You'll be able to stream Dune a day early

Denis Villeneuve's take on Frank Herbert's classic novel will be on HBO Max starting on Thursday evening

You'll be able to stream Dune a day early
Dune Photo: WarnerMedia

Lest anyone—like, say, director Denis Villeneuve— worry that WarnerMedia doesn’t really, truly want you to watch Dune on HBO Max this weekend, the distributor has now made it clear that you’ll not only be able to see Villeneuve’s adaptation of Frank Herbert’s classic novel online this weekend, but see it early. This is per The Verge, which reports that Warner has issued an official statement on when Dune will be arriving on the streaming service’s ad-free tier: 5 p.m. Central on Thursday, October 21.

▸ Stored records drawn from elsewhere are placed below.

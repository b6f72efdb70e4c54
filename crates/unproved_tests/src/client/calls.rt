//! Calls of a client in orders that no command makes, and their results.

use cip_class3::{Refused, Stage};
use enip_client::{Client, ClientFault, Heard, Hearing, SubmitFault};
use std::alloc::Global;
use std::process::Abort;
use std::test::Fail;
use test_fixtures::client::{
    ADD, ADD_SENT, ADD_SENT_NEXT, ADDED, CLOSE, CLOSED, GET, GET_SENT_THIRD, GOT, OPEN, OPENED,
    REGISTER, REGISTERED, REPLY_OF_5, StartState, UNREGISTER, client_at, hear, opened, with_bytes,
};

/// A call and its result.
#[derive(Clone, Copy)]
enum Step<'a> {
    Register(Result<&'a [u8], ClientFault>),
    Open(Result<&'a [u8], ClientFault>),
    Ask(&'a [u8], Result<&'a [u8], ClientFault>),
    Submit(&'a [u8], Result<&'a [u8], SubmitFault>),
    Resend(Option<&'a [u8]>),
    GiveUp(bool),
    Close(Result<&'a [u8], ClientFault>),
    Unregister(Result<&'a [u8], ClientFault>),
    /// Feeds a piece, of which this is heard.
    Feed(&'a [u8], Heard<'a>),
    /// The same, and this many bytes are taken.
    Take(&'a [u8], usize, Heard<'a>),
    Stage(Option<Stage>),
    Fault(Option<ClientFault>),
}

/// Makes a call, and compares its result.
fn check_step<A: Abort>(rt: &A, client: &mut Client, name: &str, position: usize, step: Step<'_>) {
    match step {
        Step::Register(expected) => assert_eq!(rt;
            client.register(),
            expected,
            "{name}, {position}"
        ),
        Step::Open(expected) => assert_eq!(rt; client.open(), expected, "{name}, {position}"),
        Step::Close(expected) => assert_eq!(rt; client.close(), expected, "{name}, {position}"),
        Step::Unregister(expected) => assert_eq!(rt;
            client.unregister(),
            expected,
            "{name}, {position}"
        ),
        Step::Stage(expected) => assert_eq!(rt; client.stage(), expected, "{name}, {position}"),
        Step::Fault(expected) => assert_eq!(rt; client.fault(), expected, "{name}, {position}"),
        _ => check_request(rt, client, name, position, step),
    }
}

/// The same for a request.
fn check_request<A: Abort>(
    rt: &A,
    client: &mut Client,
    name: &str,
    position: usize,
    step: Step<'_>,
) {
    match step {
        Step::Ask(request, expected) => {
            assert_eq!(rt; client.unconnected(request), expected, "{name}, {position}");
        }
        Step::Submit(request, expected) => {
            assert_eq!(rt; client.submit(request), expected, "{name}, {position}");
        }
        Step::Resend(expected) => assert_eq!(rt; client.resend(), expected, "{name}, {position}"),
        Step::GiveUp(expected) => assert_eq!(rt; client.give_up(), expected, "{name}, {position}"),
        _ => check_hearing(rt, client, name, position, step),
    }
}

/// Asserts what was heard of a piece, and how many bytes were taken.
fn check_heard<A: Abort>(
    rt: &A,
    name: &str,
    position: usize,
    hearing: Hearing<'_>,
    taken: Option<usize>,
    expected: Heard<'_>,
) {
    let taken = taken.unwrap_or(hearing.taken);
    assert_eq!(rt; hearing.taken, taken, "{name}, {position}");
    assert_eq!(rt; hearing.heard, expected, "{name}, {position}");
}

/// The same for `Feed` and `Take`.
fn check_hearing<A: Abort>(
    rt: &A,
    client: &mut Client,
    name: &str,
    position: usize,
    step: Step<'_>,
) {
    let (piece, taken, expected) = match step {
        Step::Feed(piece, expected) => (piece, None, expected),
        Step::Take(piece, taken, expected) => (piece, Some(taken), expected),
        _ => return,
    };
    check_heard(rt, name, position, hear(client, piece), taken, expected);
}

/// Makes these calls in turn, and compares their results.
fn check<A: Abort>(rt: &A, client: &mut Client, name: &str, steps: &[Step<'_>]) {
    for (position, step) in steps.iter().enumerate() {
        check_step(rt, client, name, position, *step);
    }
}

const WHOLE: [Step<'static>; 17] = [
    Step::Register(Ok(REGISTER)),
    Step::Feed(REGISTERED, Heard::Registered),
    Step::Stage(None),
    Step::Open(Ok(OPEN)),
    Step::Feed(OPENED, Heard::Opened),
    Step::Stage(Some(Stage::Idle)),
    Step::Submit(ADD, Ok(ADD_SENT)),
    Step::Stage(Some(Stage::Waiting)),
    Step::Resend(Some(ADD_SENT)),
    Step::Feed(ADDED, Heard::Accepted(REPLY_OF_5)),
    Step::Stage(Some(Stage::Idle)),
    Step::Resend(None),
    Step::Close(Ok(CLOSE)),
    Step::Stage(None),
    Step::Feed(CLOSED, Heard::Closed),
    Step::Unregister(Ok(UNREGISTER)),
    Step::Fault(None),
];

/// Without a session, only `register` is possible.
const NOT_REGISTERED: [Step<'static>; 7] = [
    Step::Open(Err(ClientFault::State)),
    Step::Ask(&[], Err(ClientFault::State)),
    Step::Submit(ADD, Err(SubmitFault::Client(ClientFault::State))),
    Step::Close(Err(ClientFault::State)),
    Step::Unregister(Err(ClientFault::State)),
    Step::Resend(None),
    Step::GiveUp(false),
];

/// While the session is awaited, nothing is possible.
const REGISTERS_ONCE: [Step<'static>; 11] = [
    Step::Open(Err(ClientFault::State)),
    Step::Ask(&[], Err(ClientFault::State)),
    Step::Submit(ADD, Err(SubmitFault::Client(ClientFault::State))),
    Step::Close(Err(ClientFault::State)),
    Step::Unregister(Err(ClientFault::State)),
    Step::Resend(None),
    Step::GiveUp(false),
    Step::Register(Err(ClientFault::State)),
    Step::Feed(REGISTERED, Heard::Registered),
    Step::Register(Err(ClientFault::State)),
    Step::Fault(None),
];

/// While a reply is awaited, only requests on the connection are possible.
const WHILE_AWAITED: [Step<'static>; 8] = [
    Step::Open(Err(ClientFault::State)),
    Step::Ask(GET, Ok(GET_SENT_THIRD)),
    Step::Ask(GET, Err(ClientFault::State)),
    Step::Close(Err(ClientFault::State)),
    Step::Unregister(Err(ClientFault::State)),
    Step::Submit(ADD, Ok(ADD_SENT)),
    Step::Submit(ADD, Err(SubmitFault::Refused(Refused::Busy))),
    Step::Feed(ADDED, Heard::Accepted(REPLY_OF_5)),
];

/// After the end of the session nothing is possible.
const AFTER_THE_END: [Step<'static>; 8] = [
    Step::Unregister(Ok(UNREGISTER)),
    Step::Stage(None),
    Step::Register(Err(ClientFault::State)),
    Step::Open(Err(ClientFault::State)),
    Step::Ask(GET, Err(ClientFault::State)),
    Step::Submit(ADD, Err(SubmitFault::Client(ClientFault::State))),
    Step::Close(Err(ClientFault::State)),
    Step::Unregister(Err(ClientFault::State)),
];

/// An unconnected request has at least 2 bytes, and bit 7 of the first one is clear.
const NO_REQUESTS: [Step<'static>; 2] = [
    Step::Ask(b"\x0e", Err(ClientFault::Request)),
    Step::Ask(b"\x80\0", Err(ClientFault::Request)),
];

/// After giving up, a late reply is not accepted, and the next request has the next count.
const GIVING_UP: [Step<'static>; 12] = [
    Step::GiveUp(false),
    Step::Submit(ADD, Ok(ADD_SENT)),
    Step::GiveUp(true),
    Step::Stage(Some(Stage::GivenUp)),
    Step::GiveUp(false),
    Step::Resend(None),
    Step::Feed(ADDED, Heard::Nothing),
    Step::Submit(ADD, Ok(ADD_SENT_NEXT)),
    Step::Stage(Some(Stage::Waiting)),
    Step::Feed(ADDED, Heard::Nothing),
    Step::Submit(ADD, Err(SubmitFault::Refused(Refused::Busy))),
    Step::Close(Ok(CLOSE)),
];

/// A reply to an open with general status 0x01 and extended status 0x0113.
const REFUSED: &[u8] = b"\x6f\0\x20\0\x01\0\0\0\0\0\0\0\x02\0\0\0\0\0\0\0\0\0\0\0\
    \0\0\0\0\0\0\x02\0\0\0\0\0\xb2\0\x10\0\xd4\0\x01\x01\x13\x01\x01\0\x42\0\x78\x56\x34\x12\0\0";

/// The open again with context 3, and a reply without an additional word.
const OPEN_AGAIN: &[u8] = b"\x6f\0\x3e\0\x01\0\0\0\0\0\0\0\x03\0\0\0\0\0\0\0\0\0\0\0\
    \0\0\0\0\0\0\x02\0\0\0\0\0\xb2\0\x2e\0\
    \x54\x02\x20\x06\x24\x01\x0a\x0e\0\0\0\0\x44\x33\x22\x11\x01\0\x42\0\x78\x56\x34\x12\0\0\0\0\
    \x80\x84\x1e\0\xf4\x43\x80\x84\x1e\0\xf4\x43\xa3\x02\x20\x02\x24\x01";

const REFUSED_AGAIN: &[u8] = b"\x6f\0\x14\0\x01\0\0\0\0\0\0\0\x03\0\0\0\0\0\0\0\0\0\0\0\
    \0\0\0\0\0\0\x02\0\0\0\0\0\xb2\0\x04\0\xd4\0\x08\0";

/// After a refused open, the client can open again. The contexts go on.
const REFUSED_OPEN: [Step<'static>; 5] = [
    Step::Open(Ok(OPEN)),
    Step::Feed(REFUSED, Heard::Refused(1, 0x0113)),
    Step::Stage(None),
    Step::Open(Ok(OPEN_AGAIN)),
    Step::Feed(REFUSED_AGAIN, Heard::Refused(8, 0)),
];

const CLOSE_REFUSED: &[u8] = b"\x6f\0\x20\0\x01\0\0\0\0\0\0\0\x03\0\0\0\0\0\0\0\0\0\0\0\
    \0\0\0\0\0\0\x02\0\0\0\0\0\xb2\0\x10\0\xce\0\x01\x01\x07\x01\x01\0\x42\0\x78\x56\x34\x12\0\0";

/// After a refused close, the connection is closed all the same.
const REFUSED_CLOSE: [Step<'static>; 4] = [
    Step::Close(Ok(CLOSE)),
    Step::Feed(CLOSE_REFUSED, Heard::Refused(1, 0x0107)),
    Step::Stage(None),
    Step::Submit(ADD, Err(SubmitFault::Client(ClientFault::State))),
];

/// The state of a client, and the calls that follow.
struct Calls<'a> {
    name: &'static str,
    start: StartState,
    steps: &'a [Step<'a>],
}

static CALLS: [Calls<'static>; 9] = [
    Calls {
        name: "a connection from register to unregister",
        start: StartState::New,
        steps: &WHOLE,
    },
    Calls {
        name: "before the session",
        start: StartState::New,
        steps: &NOT_REGISTERED,
    },
    Calls {
        name: "while the session is awaited",
        start: StartState::AwaitsSession,
        steps: &REGISTERS_ONCE,
    },
    Calls {
        name: "while a reply is awaited",
        start: StartState::Opened,
        steps: &WHILE_AWAITED,
    },
    Calls {
        name: "after the end",
        start: StartState::Opened,
        steps: &AFTER_THE_END,
    },
    Calls {
        name: "forms of requests",
        start: StartState::Registered,
        steps: &NO_REQUESTS,
    },
    Calls {
        name: "giving up",
        start: StartState::Opened,
        steps: &GIVING_UP,
    },
    Calls {
        name: "an open that is refused",
        start: StartState::Registered,
        steps: &REFUSED_OPEN,
    },
    Calls {
        name: "a close that is refused",
        start: StartState::Opened,
        steps: &REFUSED_CLOSE,
    },
];

#[test]
fn calls_in_any_order(rt: HostRuntime) -> Result<(), Fail> {
    for row in &CALLS {
        let mut client = client_at(rt.alloc(), row.start)?;
        check(&rt, &mut client, row.name, row.steps);
    }
    Ok(())
}

const AT_THE_BOUND: [Step<'static>; 3] = [
    Step::Submit(ADD, Err(SubmitFault::Refused(Refused::TooManyAbandoned))),
    Step::Stage(Some(Stage::GivenUp)),
    Step::Close(Ok(CLOSE)),
];

/// After 65,535 requests that were given up, another is refused. The connection can still be closed.
#[test]
fn giving_up_to_the_bound(rt: HostRuntime) -> Result<(), Fail> {
    let mut client = opened(rt.alloc())?;
    for n in 0..65_535u32 {
        let taken = client.submit(ADD).is_ok();
        assert!(rt; taken && client.give_up(), "at {n}");
    }
    check(&rt, &mut client, "at the bound", &AT_THE_BOUND);
    Ok(())
}

/// A RegisterSession reply with 5 bytes of data instead of 4.
const LONGER_REGISTERED: &[u8] =
    b"\x65\0\x05\0\x01\0\0\0\0\0\0\0\x01\0\0\0\0\0\0\0\0\0\0\0\x01\0\0\0\0";

/// A success reply to an open with 25 bytes of data instead of 26. The lengths of frame and item agree.
const SHORTER_OPENED: &[u8] = b"\x6f\0\x2d\0\x01\0\0\0\0\0\0\0\x02\0\0\0\0\0\0\0\0\0\0\0\
    \0\0\0\0\0\0\x02\0\0\0\0\0\xb2\0\x1d\0\xd4\0\0\0\x01\0\0\0\x44\x33\x22\x11\
    \x01\0\x42\0\x78\x56\x34\x12\x80\x84\x1e\0\x80\x84\x1e\0\0";

/// The state of a client, the frame that comes, with some bytes replaced, and the fault that lasts.
struct IsBodyFault<'a> {
    start: StartState,
    frame: &'a [u8],
    changes: &'a [(usize, u8)],
    fault: ClientFault,
}

static FAULTY: [IsBodyFault<'static>; 9] = [
    // a status, in each reply that can be awaited
    IsBodyFault {
        start: StartState::AwaitsSession,
        frame: REGISTERED,
        changes: &[(8, 0x64)],
        fault: ClientFault::Status(100),
    },
    IsBodyFault {
        start: StartState::AwaitsConnection,
        frame: OPENED,
        changes: &[(9, 1)],
        fault: ClientFault::Status(256),
    },
    IsBodyFault {
        start: StartState::AwaitsReply,
        frame: GOT,
        changes: &[(8, 3)],
        fault: ClientFault::Status(3),
    },
    IsBodyFault {
        start: StartState::AwaitsItemAndEnd,
        frame: CLOSED,
        changes: &[(8, 1)],
        fault: ClientFault::Status(1),
    },
    // a header with a length over 65,511
    IsBodyFault {
        start: StartState::Opened,
        frame: UNREGISTER,
        changes: &[(2, 0xe8), (3, 0xff)],
        fault: ClientFault::TooLong,
    },
    // malformed
    IsBodyFault {
        start: StartState::AwaitsSession,
        frame: LONGER_REGISTERED,
        changes: &[],
        fault: ClientFault::Malformed,
    },
    IsBodyFault {
        start: StartState::AwaitsConnection,
        frame: SHORTER_OPENED,
        changes: &[],
        fault: ClientFault::Malformed,
    },
    IsBodyFault {
        start: StartState::AwaitsEnd,
        frame: CLOSED,
        changes: &[(40, 0xd4)],
        fault: ClientFault::Malformed,
    },
    IsBodyFault {
        start: StartState::AwaitsReply,
        frame: GOT,
        changes: &[(24, 1)],
        fault: ClientFault::Malformed,
    },
];

/// Asserts that a fault lasts: every call returns it, and no byte is taken.
fn lasts<A: Abort>(rt: &A, client: &mut Client, fault: ClientFault) {
    let steps = [
        Step::Fault(Some(fault)),
        Step::Register(Err(fault)),
        Step::Open(Err(fault)),
        Step::Ask(GET, Err(fault)),
        Step::Submit(ADD, Err(SubmitFault::Client(fault))),
        Step::Close(Err(fault)),
        Step::Unregister(Err(fault)),
        Step::Resend(None),
        Step::GiveUp(false),
        Step::Take(GOT, 0, Heard::Nothing),
        Step::Fault(Some(fault)),
    ];
    check(rt, client, "a fault lasts", &steps);
}

/// Asserts that the frame causes the fault, which lasts. All bytes of the frame are taken.
fn check_faulty<A: Abort>(rt: &A, alloc: Global, row: &IsBodyFault<'_>) -> Result<(), Fail> {
    let changed = with_bytes(alloc, row.frame, row.changes)?;
    let mut client = client_at(alloc, row.start)?;
    let hearing = hear(&mut client, &changed);
    check_heard(
        rt,
        "a fault",
        0,
        hearing,
        Some(changed.len()),
        Heard::Nothing,
    );
    lasts(rt, &mut client, row.fault);
    Ok(())
}

#[test]
fn faults_that_last(rt: HostRuntime) -> Result<(), Fail> {
    for row in &FAULTY {
        check_faulty(&rt, rt.alloc(), row)?;
    }
    Ok(())
}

That’s very early, an interesting decision in light of the fact that Dune is currently expected to do pretty damn well at the weekend box office. Deadline reports that Warner and Legendary are potentially eyeing a global weekend that hits somewhere in the neighborhood of $70 million for the sci-fi opus. (Meanwhile, the movie, which released in countries like Germany and France last month, has already made $129.3 million planet-wide.) That’s pretty good for post-COVID standards; consistent, at least, with recent grading-on-a-curve hits like Shang-Chi, Venom 2, and No Time To Die.

Villeneuve has been grumbling from the start about Warner Media’s willingness to (ostensibly) sacrifice his film’s box office performance in favor of driving new subscribers to its streaming service—an accusation also at the crux of the now-settled Disney/Scarlett Johansson suit. And deciding to make the film available for a breezy Thursday night viewing certainly lends at least a little credence to that argument; watching Dune the second it goes live on the company’s servers tomorrow evening might not be the most optimal way to view a film that was shot for theaters and IMAX screens. But it does sound dang convenient.

All of this is made more precarious, of course, by the odd dilemma that Villeneuve and his film have found themselves in. Even the director admits that Dune is only half or so of the story told in Herbert’s original novel; Legendary and Warner Media are clearly waiting to see how this thing lands before they start shelling out more money for bigger and bigger buckets of sand. This week’s opening weekend—which also encompasses China, plus several other major markets—is going to make-or-break not just the film, but the franchise.

Meanwhile, you can read our full review of Dune here. In his review of the film, Ignatiy Vishnevetsky writes that,

There is some craftsmanship here, too, that is hard not to admire—for instance, the way Villeneuve manages to balance a large, effects-heavy battle scene (which he directs with aplomb) with simultaneous intrigue inside the Atreides compound by making the interior sets big and cavernous. This gift for visual dimension is key, because what Dune offers, despite its often monochromatic futurism, is a kind of entertainment that was a far older Hollywood’s stock-in-trade: that of stars and titanic spectacle. In an odd way, the movie feels like an update of a Cinemascope epic, with impressive vistas, an overall sense of exotic grandeur, and a deliberate pace.